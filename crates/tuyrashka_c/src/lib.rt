// What C and Rust link, declared in include/tuyrashka.h: each call of tuyrashka by its name.
#![tactic(auto)]

ghost use Rattle.std.specs.Prelude.{◌≡◌};
ghost use Rattle.canvas.specs.Call.{put_pixel, draw_line, draw_rect, fill_rect, call};
ghost use Rattle.canvas.specs.Clip.{intersection};
ghost use Rattle.canvas.specs.Look.{pixel_at};
ghost use Rattle.tuyrashka.specs.Exported.{canvas_of, clip_of, words_of, color_of, gives, tells};

mod areas;
mod bitmap;
mod icon;
mod rounds;

#[unsafe(no_mangle)]
pub extern "C" fn tuyrashka_put_pixel(
    canvas: &[u32; 6],
    bytes: &mut [u8],
    x: i32,
    y: i32,
    argb: u32,
    clip: &[u32; 4],
    drawn: &mut [u64; 1],
) -> u32
    ensures { (result, (drawn.new, bytes.new))
        ≡ gives (call (canvas_of canvas.now) (put_pixel x y (color_of argb) (clip_of clip.now)) bytes.old) }
{
    tuyrashka::tuyrashka_put_pixel(canvas, bytes, x, y, argb, clip, drawn)
}

#[unsafe(no_mangle)]
pub extern "C" fn tuyrashka_draw_line(
    canvas: &[u32; 6],
    bytes: &mut [u8],
    x1: i32,
    y1: i32,
    x2: i32,
    y2: i32,
    argb: u32,
    clip: &[u32; 4],
    drawn: &mut [u64; 1],
) -> u32
    ensures { (result, (drawn.new, bytes.new))
        ≡ gives (call (canvas_of canvas.now) (draw_line x1 y1 x2 y2 (color_of argb) (clip_of clip.now)) bytes.old) }
{
    tuyrashka::tuyrashka_draw_line(canvas, bytes, x1, y1, x2, y2, argb, clip, drawn)
}

#[unsafe(no_mangle)]
pub extern "C" fn tuyrashka_draw_rect(
    canvas: &[u32; 6],
    bytes: &mut [u8],
    x: i32,
    y: i32,
    w: u32,
    h: u32,
    argb: u32,
    clip: &[u32; 4],
    drawn: &mut [u64; 1],
) -> u32
    ensures { (result, (drawn.new, bytes.new))
        ≡ gives (call (canvas_of canvas.now) (draw_rect x y w h (color_of argb) (clip_of clip.now)) bytes.old) }
{
    tuyrashka::tuyrashka_draw_rect(canvas, bytes, x, y, w, h, argb, clip, drawn)
}

#[unsafe(no_mangle)]
pub extern "C" fn tuyrashka_fill_rect(
    canvas: &[u32; 6],
    bytes: &mut [u8],
    x: i32,
    y: i32,
    w: u32,
    h: u32,
    argb: u32,
    clip: &[u32; 4],
    drawn: &mut [u64; 1],
) -> u32
    ensures { (result, (drawn.new, bytes.new))
        ≡ gives (call (canvas_of canvas.now) (fill_rect x y w h (color_of argb) (clip_of clip.now)) bytes.old) }
{
    tuyrashka::tuyrashka_fill_rect(canvas, bytes, x, y, w, h, argb, clip, drawn)
}

#[unsafe(no_mangle)]
pub extern "C" fn tuyrashka_get_pixel(
    canvas: &[u32; 6],
    bytes: &[u8],
    x: i32,
    y: i32,
    found: &mut bool,
    argb: &mut u32,
) -> u32
    ensures { (result, (found.new, argb.new)) ≡ tells (pixel_at (canvas_of canvas.now) bytes.now x y) }
{
    tuyrashka::tuyrashka_get_pixel(canvas, bytes, x, y, found, argb)
}

#[unsafe(no_mangle)]
pub extern "C" fn tuyrashka_clip_intersect(a: &[u32; 4], b: &[u32; 4], both: &mut [u32; 4])
    ensures { both.new ≡ words_of (intersection (clip_of a.now) (clip_of b.now)) }
{
    tuyrashka::tuyrashka_clip_intersect(a, b, both)
}
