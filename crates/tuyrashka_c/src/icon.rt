// RES for C and Rust.
ghost use Rattle.std.specs.Prelude.{◌≡◌};
ghost use Rattle.res.specs.Search.{reads, first_icon};
ghost use Rattle.tuyrashka.specs.Exported.{gives_icon};

#[unsafe(no_mangle)]
pub extern "C" fn tuyrashka_decode_res(file: &[u8], start: &mut usize, size: &mut [u32; 2]) -> u32
    ensures { (result, (start.new, size.new)) ≡ gives_icon (reads (first_icon file.now)) }
{
    tuyrashka::tuyrashka_decode_res(file, start, size)
}
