// LBMP for C and Rust.
ghost use Rattle.std.specs.Prelude.{◌≡◌};
ghost use Rattle.lbmp.specs.Call.{decoding};
ghost use Rattle.tuyrashka.specs.Exported.{gives_bitmap};

#[unsafe(no_mangle)]
pub extern "C" fn tuyrashka_decode_lbmp(
    file: &[u8],
    out: &mut [u32],
    size: &mut [u32; 2],
    clear: &mut u64,
) -> u32
    ensures { (result, (size.new, (clear.new, out.new)))
        ≡ gives_bitmap (decoding file.now out.old) }
{
    tuyrashka::tuyrashka_decode_lbmp(file, out, size, clear)
}
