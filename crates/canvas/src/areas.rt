// Inversion, which ignores XOR.
ghost use Rattle.std.specs.Prelude.{◌≡◌, ◌<◌};
ghost use Rattle.words.specs.Ink.{inked};
ghost use Rattle.words.specs.Invert.{invert_ink};
ghost use Rattle.pixels.specs.Bytes.{form, Sized};
ghost use Rattle.canvas.specs.Plot.{inks};
ghost use Rattle.canvas.specs.Boxes.{fill};
ghost use Rattle.canvas.specs.Walk.{work, lowered, Did};
ghost use Rattle.canvas.specs.Call.{invert_rect, leaves, call};

use crate::boxes::fill_in;
use crate::faults::judge;
use crate::span::lift;
use crate::{Clip, Drawn, Tally};
use pixels::Canvas;

// The plots of an inverted box with a lifted corner. XOR, which inversion ignores, is not handed on, so that a call that is
// refused never asks for it.
fn invert_in(canvas: Canvas, b: &mut [u8], p: u64, q: u64, w: u32, h: u32, clip: Clip) -> Tally
    requires { (Sized canvas b.old) × ((p < 17179869184) × (q < 17179869184)) }
    ensures { Did canvas clip (inks (inked (invert_ink (form canvas))) (fill canvas (lowered p) (lowered q) w h))
        (work b.old (record { landed = 0 })) (work b.new result) }
{
    let plain = Canvas {
        xor: false,
        ..canvas
    };
    let ink = words::invert_ink(canvas.format);
    fill_in(plain, b, p, q, w, h, ink, clip, Tally { landed: 0 })
}

// The colours of a box, each to its complement.
pub fn invert_rect(
    canvas: Canvas,
    bytes: &mut [u8],
    x: i32,
    y: i32,
    w: u32,
    h: u32,
    clip: Clip,
) -> Drawn
    ensures { leaves result bytes.new ≡ call canvas (invert_rect x y w h clip) bytes.old }
{
    judge(canvas, bytes.len())?;
    let p = lift(x);
    let q = lift(y);
    Ok(invert_in(canvas, bytes, p, q, w, h, clip))
}
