// The small screens marked * in document 01: specs/Screens.antt has the table, proofs/Screens.antt the theorem. proofs/Runs.antt
// speaks of runs of functions that make calls, Called.antt and Linked.antt say which functions, Bars.antt has two runs computed.
// proofs/Icons.antt speaks of icons as sources, proofs/Cheats.antt of builds that no contract lets pass.
#![tactic(auto)]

__Work instructions__
Output only the lines from the one containing "Ok(invert_in(canvas, bytes, p, q, w, h, clip))" through the end of the material, please, exactly as they appear.

__Task answer__
    Ok(invert_in(canvas, bytes, p, q, w, h, clip))
}
// The small screens marked * in document 01: specs/Screens.antt has the table, proofs/Screens.antt the theorem. proofs/Runs.antt
// speaks of runs of functions that make calls, Called.antt and Linked.antt say which functions, Bars.antt has two runs computed.
// proofs/Icons.antt speaks of icons as sources, proofs/Cheats.antt of builds that no contract lets pass.
#![tactic(auto)]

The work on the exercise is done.